The expected result is every line of the records, printed exactly.

*** Data to use

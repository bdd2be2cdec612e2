// The five reference lists: whether a list is framed, and what its rows say of a key.
//
// A look-up reads the whole rows that fit behind the head, so it answers for any bytes. For a framed list these are the rows that its
// head counts. It goes from row to row, and no map is made: a list is lent as bytes for one call, and there is no heap.
#![tactic(auto)]

mod all;
mod frame;
mod lookups;
mod rows;
mod scan;

pub use all::Lists;
pub use frame::{Mark, framed};
pub use lookups::{
    CurrencyRows, InstrumentRows, LeiRows, VenueRows, country_known, currency_rows,
    instrument_rows, lei_rows, venue_rows,
};
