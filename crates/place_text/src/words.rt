// The words of a line after its first, each written with a space before it.
ghost use Rattle.std.specs.Prelude.{◌∷◌, ◌++◌};
ghost use Rattle.place_text.specs.Numerals.{hex8, decimal, signed_decimal};
ghost use Rattle.place_text.specs.Text.{evidence_word};
ghost use Rattle.place_text.specs.Writing.{Wrote};

use super::writer::Page;
use ranking::Evidence;

impl<'a> Page<'a> {
    pub fn and_decimal(&mut self, n: u64)
        ensures { Wrote (32 ∷ decimal n) self.old self.new }
    {
        self.put(b' ');
        self.put_decimal(n);
    }

    pub fn and_signed(&mut self, z: i32)
        ensures { Wrote (32 ∷ signed_decimal z) self.old self.new }
    {
        self.put(b' ');
        self.put_signed(z);
    }

    pub fn and_hex8(&mut self, n: u32)
        ensures { Wrote (32 ∷ hex8 n) self.old self.new }
    {
        self.put(b' ');
        self.put_hex8(n);
    }

    pub fn and_hex16(&mut self, high: u32, low: u32)
        ensures { Wrote (32 ∷ (hex8 high ++ hex8 low)) self.old self.new }
    {
        self.and_hex8(high);
        self.put_hex8(low);
    }

    pub fn and_evidence(&mut self, evidence: Evidence)
        ensures { Wrote (32 ∷ evidence_word evidence) self.old self.new }
    {
        match evidence {
            Evidence::Number(x) => self.and_hex8(floats::to_bits(x)),
            Evidence::Absent => self.put_all(b" none"),
        }
    }
}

******

*Answer to this task*.
repository bdd2be2cdec612e2
// The five reference lists: whether a list is framed, and what its rows say of a key.
//
// A look-up reads the whole rows that fit behind the head, so it answers for any bytes. For a framed list these are the rows that its
// head counts. It goes from row to row, and no map is made: a list is lent as bytes for one call, and there is no heap.
#![tactic(auto)]

mod all;
mod frame;
mod lookups;
mod rows;
mod scan;

pub use all::Lists;
pub use frame::{Mark, framed};
pub use lookups::{
    CurrencyRows, InstrumentRows, LeiRows, VenueRows, country_known, currency_rows,
    instrument_rows, lei_rows, venue_rows,
};
filename crates/place_text/src/words.rt
// The words of a line after its first, each written with a space before it.
ghost use Rattle.std.specs.Prelude.{◌∷◌, ◌++◌};
ghost use Rattle.place_text.specs.Numerals.{hex8, decimal, signed_decimal};
ghost use Rattle.place_text.specs.Text.{evidence_word};
ghost use Rattle.place_text.specs.Writing.{Wrote};

use super::writer::Page;
use ranking::Evidence;

impl<'a> Page<'a> {
    pub fn and_decimal(&mut self, n: u64)
        ensures { Wrote (32 ∷ decimal n) self.old self.new }
    {
        self.put(b' ');
        self.put_decimal(n);
    }

    pub fn and_signed(&mut self, z: i32)
        ensures { Wrote (32 ∷ signed_decimal z) self.old self.new }
    {
        self.put(b' ');
        self.put_signed(z);
    }

    pub fn and_hex8(&mut self, n: u32)
        ensures { Wrote (32 ∷ hex8 n) self.old self.new }
    {
        self.put(b' ');
        self.put_hex8(n);
    }

    pub fn and_hex16(&mut self, high: u32, low: u32)
        ensures { Wrote (32 ∷ (hex8 high ++ hex8 low)) self.old self.new }
    {
        self.and_hex8(high);
        self.put_hex8(low);
    }

    pub fn and_evidence(&mut self, evidence: Evidence)
        ensures { Wrote (32 ∷ evidence_word evidence) self.old self.new }
    {
        match evidence {
            Evidence::Number(x) => self.and_hex8(floats::to_bits(x)),
            Evidence::Absent => self.put_all(b" none"),
        }
    }
}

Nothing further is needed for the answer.